I would like to package my onesies and tees in a ready-to-mail package box. Does anyone have any idea where can I locate one? I did searches on google, but nothing that meets my need.

Or am I out of my mind?

Thanks,
Aimee


----------



## Rodney (Nov 3, 2004)

You mean like a just a shipping box for your t-shirts?

You can buy some at uline.com. Also www.centralpack.com offers custom printed boxes.


----------



## jdr8271 (Jun 16, 2005)

You can also get free ones if you use priority mail. There at the post office for free 24 hours a day.


----------



## Agotlib (Mar 10, 2006)

No, more like a 4X6 or 5X7 flat box, with a window.

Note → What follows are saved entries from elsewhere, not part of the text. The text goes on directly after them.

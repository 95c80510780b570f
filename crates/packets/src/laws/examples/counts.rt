//! What a summary counts of the capture of docs/PACKETS.md, by the tables there.

ghost use Rattle.std.specs.Prelude.{◌≡◌, ℕ, [], ◌∷◌, true, false, None, Some, slice_index};
ghost use Rattle.std.specs.Map.{keys_of};
ghost use Rattle.ep_base.specs.declared.err.layer.Layer.TheVariants as layer;
ghost use Rattle.packets.specs.Counts.{Counts, is_bad, is_completing, is_good, is_refused_fragment, is_unchecked};
ghost use Rattle.packets.specs.Examples.{ipv6_address, page, outline_of_fragment};
ghost use Rattle.packets.specs.Examples.{sized, tally};
ghost use Rattle.packets.specs.Lengths.{CountsLengths};
ghost use Rattle.packets.specs.Numbers.{number_tally};
ghost use Rattle.packets.specs.Period.{earliest_of, latest_of};
ghost use Rattle.packets.specs.Rate.{is_past_spans, span_at};
ghost use Rattle.packets.specs.Table.{no_tally, tally_at};
ghost use Rattle.packets.specs.declared.outline.FragmentState.TheVariants as state;
ghost use Rattle.packets.specs.declared.reason.Reason.TheVariants as reason;
ghost use Rattle.packets.specs.declared.summary.lengths.Lengths.{Lengths};
ghost use Rattle.packets.specs.declared.summary.summary.Summary.{Summary};
ghost use Rattle.packets.specs.declared.summary.verified.Verified.TheVariants as verified;
ghost use Rattle.checksum_verdicts.specs.declared.verdict.Verdict.TheVariants as verdict;

use crate::{Reason, Verified};

/// The rows of each table but those of reasons, conversations and senders.
pub fn rows_of_the_page<S, H>()
    ensures all { (summary : Summary S H)
        → Counts ⟦<Reason as PartialEq>⟧.eq ⟦<Verified as PartialEq>⟧.eq summary page
        → (summary.all ≡ tally 10 485 1) × (summary.refused ≡ tally 2 75 7) }
    ensures links { (summary : Summary S H)
        → Counts ⟦<Reason as PartialEq>⟧.eq ⟦<Verified as PartialEq>⟧.eq summary page
        → (summary.protocols.ethernet ≡ tally 10 485 1) × (summary.protocols.vlan ≡ tally 1 74 4)
        × (summary.protocols.macsec ≡ no_tally) × (summary.protocols.arp ≡ tally 1 42 3)
        × (summary.protocols.ipv4 ≡ tally 7 348 1) × (summary.protocols.ipv6 ≡ tally 1 74 4) }
    ensures over_ip { (summary : Summary S H)
        → Counts ⟦<Reason as PartialEq>⟧.eq ⟦<Verified as PartialEq>⟧.eq summary page
        → (number_tally summary.protocols.over_ip 6 ≡ tally 2 108 1)
        × (number_tally summary.protocols.over_ip 17 ≡ tally 5 240 2)
        × (number_tally summary.protocols.over_ip 58 ≡ tally 1 74 4)
        × (number_tally summary.protocols.over_ip 0 ≡ no_tally) }
    ensures checksums { (summary : Summary S H)
        → Counts ⟦<Reason as PartialEq>⟧.eq ⟦<Verified as PartialEq>⟧.eq summary page
        → (summary.checksums.good ≡ tally 3 178 1) × (summary.checksums.bad ≡ tally 1 46 2)
        × (summary.checksums.none ≡ tally 1 44 9) }
    ensures fragments { (summary : Summary S H)
        → Counts ⟦<Reason as PartialEq>⟧.eq ⟦<Verified as PartialEq>⟧.eq summary page
        → (summary.parts.all ≡ tally 3 150 5) × (summary.parts.completing ≡ tally 1 50 6)
        × (summary.parts.refused ≡ no_tally) }
    ensures sizes { (summary : Summary S H)
        → Counts ⟦<Reason as PartialEq>⟧.eq ⟦<Verified as PartialEq>⟧.eq summary page
        → (slice_index summary.sizes.counts 4 ≡ 0) × (slice_index summary.sizes.counts 5 ≡ 1)
        × (slice_index summary.sizes.counts 6 ≡ 8) × (slice_index summary.sizes.counts 7 ≡ 1) }
{}

/// The reasons in the order of their first packets, and the senders.
pub fn keys_of_the_page<S, H>()
    ensures reasons { (summary : Summary S H)
        → Counts ⟦<Reason as PartialEq>⟧.eq ⟦<Verified as PartialEq>⟧.eq summary page
        → keys_of summary.reasons.entries
        ≡ reason.CutOff layer.Ipv4Header ∷ reason.TcpDataOffset ∷ [] }
    ensures of_reasons { (summary : Summary S H)
        → Counts ⟦<Reason as PartialEq>⟧.eq ⟦<Verified as PartialEq>⟧.eq summary page
        → (tally_at ⟦<Reason as PartialEq>⟧.eq summary.reasons (reason.CutOff layer.Ipv4Header)
        ≡ tally 1 21 7)
        × (tally_at ⟦<Reason as PartialEq>⟧.eq summary.reasons reason.TcpDataOffset ≡ tally 1 54 8)
        × (tally_at ⟦<Reason as PartialEq>⟧.eq summary.reasons (reason.CutOff layer.TcpHeader)
        ≡ no_tally) }
    ensures senders { (summary : Summary S H)
        → Counts ⟦<Reason as PartialEq>⟧.eq ⟦<Verified as PartialEq>⟧.eq summary page
        → keys_of summary.senders.entries
        ≡ verified.V4 (10 ∷ 0 ∷ 0 ∷ 1 ∷ []) false ∷ verified.V4 (10 ∷ 0 ∷ 0 ∷ 1 ∷ []) true
        ∷ verified.V6 (ipv6_address 1) false ∷ [] }
    ensures of_senders { (summary : Summary S H)
        → Counts ⟦<Reason as PartialEq>⟧.eq ⟦<Verified as PartialEq>⟧.eq summary page
        → (tally_at ⟦<Verified as PartialEq>⟧.eq summary.senders
        (verified.V4 (10 ∷ 0 ∷ 0 ∷ 1 ∷ []) false) ≡ tally 2 104 1)
        × (tally_at ⟦<Verified as PartialEq>⟧.eq summary.senders
        (verified.V4 (10 ∷ 0 ∷ 0 ∷ 1 ∷ []) true) ≡ tally 1 46 2)
        × (tally_at ⟦<Verified as PartialEq>⟧.eq summary.senders
        (verified.V6 (ipv6_address 1) false) ≡ tally 1 74 4)
        × (tally_at ⟦<Verified as PartialEq>⟧.eq summary.senders
        (verified.V6 (ipv6_address 1) true) ≡ no_tally) }
{}

/// With spans of 1/32 second, 0.03125 s, packets an eighth of a second apart come in every fourth
/// span, and the tenth in the 37th; it would come after the 64th of spans half as long.
pub fn spans_of_the_page()
    ensures second { span_at 31250000 1700000000250000000 1700000000375000000 ≡ 4 }
    ensures tenth { span_at 31250000 1700000000250000000 1700000001375000000 ≡ 36 }
    ensures just_before { span_at 31250000 1700000000250000000 1700000000374999999 ≡ 3 }
    ensures before { span_at 31250000 1700000000250000000 1600000000000000000 ≡ 0 }
    ensures half_as_long { span_at 15625000 1700000000250000000 1700000001375000000 ≡ 72 }
    ensures beyond { (is_past_spans 15625000 1700000000250000000
        (outline_of_fragment 10 9 state.Waits None) ≡ true)
        × (is_past_spans 31250000 1700000000250000000 (outline_of_fragment 10 9 state.Waits None)
        ≡ false) }
{}

/// The first packet is the earliest one, and the tenth the latest. Where these are exchanged, it is the
/// same.
pub fn period_of_the_page()
    ensures earliest { earliest_of page ≡ Some 1700000000250000000 }
    ensures latest { latest_of page ≡ Some 1700000001375000000 }
    ensures none { (earliest_of [] ≡ None) × (latest_of [] ≡ None) }
    ensures exchanged { (earliest_of (outline_of_fragment 10 9 state.Waits None
        ∷ outline_of_fragment 5 4 state.Waits None ∷ []) ≡ Some 1700000000750000000)
        × (latest_of (outline_of_fragment 10 9 state.Waits None
        ∷ outline_of_fragment 5 4 state.Waits None ∷ []) ≡ Some 1700000001375000000) }
{}

/// The verdicts on checksums, and what became of fragments.
pub fn kinds_of_packets()
    ensures good { (is_good (Some verdict.Good) ≡ true) × (is_good (Some verdict.Bad) ≡ false)
        × (is_good (Some verdict.None) ≡ false) × (is_good None ≡ false) }
    ensures bad { (is_bad (Some verdict.Bad) ≡ true) × (is_bad (Some verdict.Good) ≡ false)
        × (is_bad (Some verdict.None) ≡ false) × (is_bad None ≡ false) }
    ensures unchecked { (is_unchecked (Some verdict.None) ≡ true)
        × (is_unchecked (Some verdict.Good) ≡ false) × (is_unchecked (Some verdict.Bad) ≡ false)
        × (is_unchecked None ≡ false) }
    ensures completing { (is_completing (Some state.Completes) ≡ true)
        × (is_completing (Some state.Waits) ≡ false)
        × (is_completing (Some state.Refused) ≡ false) × (is_completing None ≡ false) }
    ensures refused { (is_refused_fragment (Some state.Refused) ≡ true)
        × (is_refused_fragment (Some state.Waits) ≡ false)
        × (is_refused_fragment (Some state.Completes) ≡ false) × (is_refused_fragment None ≡ false) }
{}

/// Of the first packet 60 bytes were captured, which were all; of the second 96 of 1514; and of the
/// third 60, where its record says 40.
pub fn lengths_of_packets()
    ensures { (lengths : Lengths) → CountsLengths lengths (sized 1 60 60 ∷ sized 2 96 1514
        ∷ sized 3 60 40 ∷ []) → (lengths.cut ≡ tally 1 96 2) × (lengths.wire ≡ 1614)
        × (lengths.captured ≡ 216) }
{}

I know maybe I'm asking too much, but my original idea - a Chinese take-out box is out because it will cost too much to ship.

Thanks,
Aimee


----------



## Agotlib (Mar 10, 2006)

Sorry Rodney, I misread that reply.
I'll take a look at centralpack.

Thanks,
Aimee


----------



## ShirtHappens (Jun 26, 2006)

like mentioned before try the post office you could even get them on ther website and they will ship them to you, i recently got 10 flat rate boxes (you have to get in packs and come in 10 and 25 i believe) shipped for free.


----------



## Rodney (Nov 3, 2004)

> like mentioned before try the post office you could even get them on ther website and they will ship them to you


I assumed she might be looking for something a bit more "unique" for the packaging.


----------



## ShirtHappens (Jun 26, 2006)

Oh ok then yes one of those site you recommended would probaly be better option, hadnt heard of centralpack . I just plan on using the USPS boxes for objects i plan on selling on ebay.


----------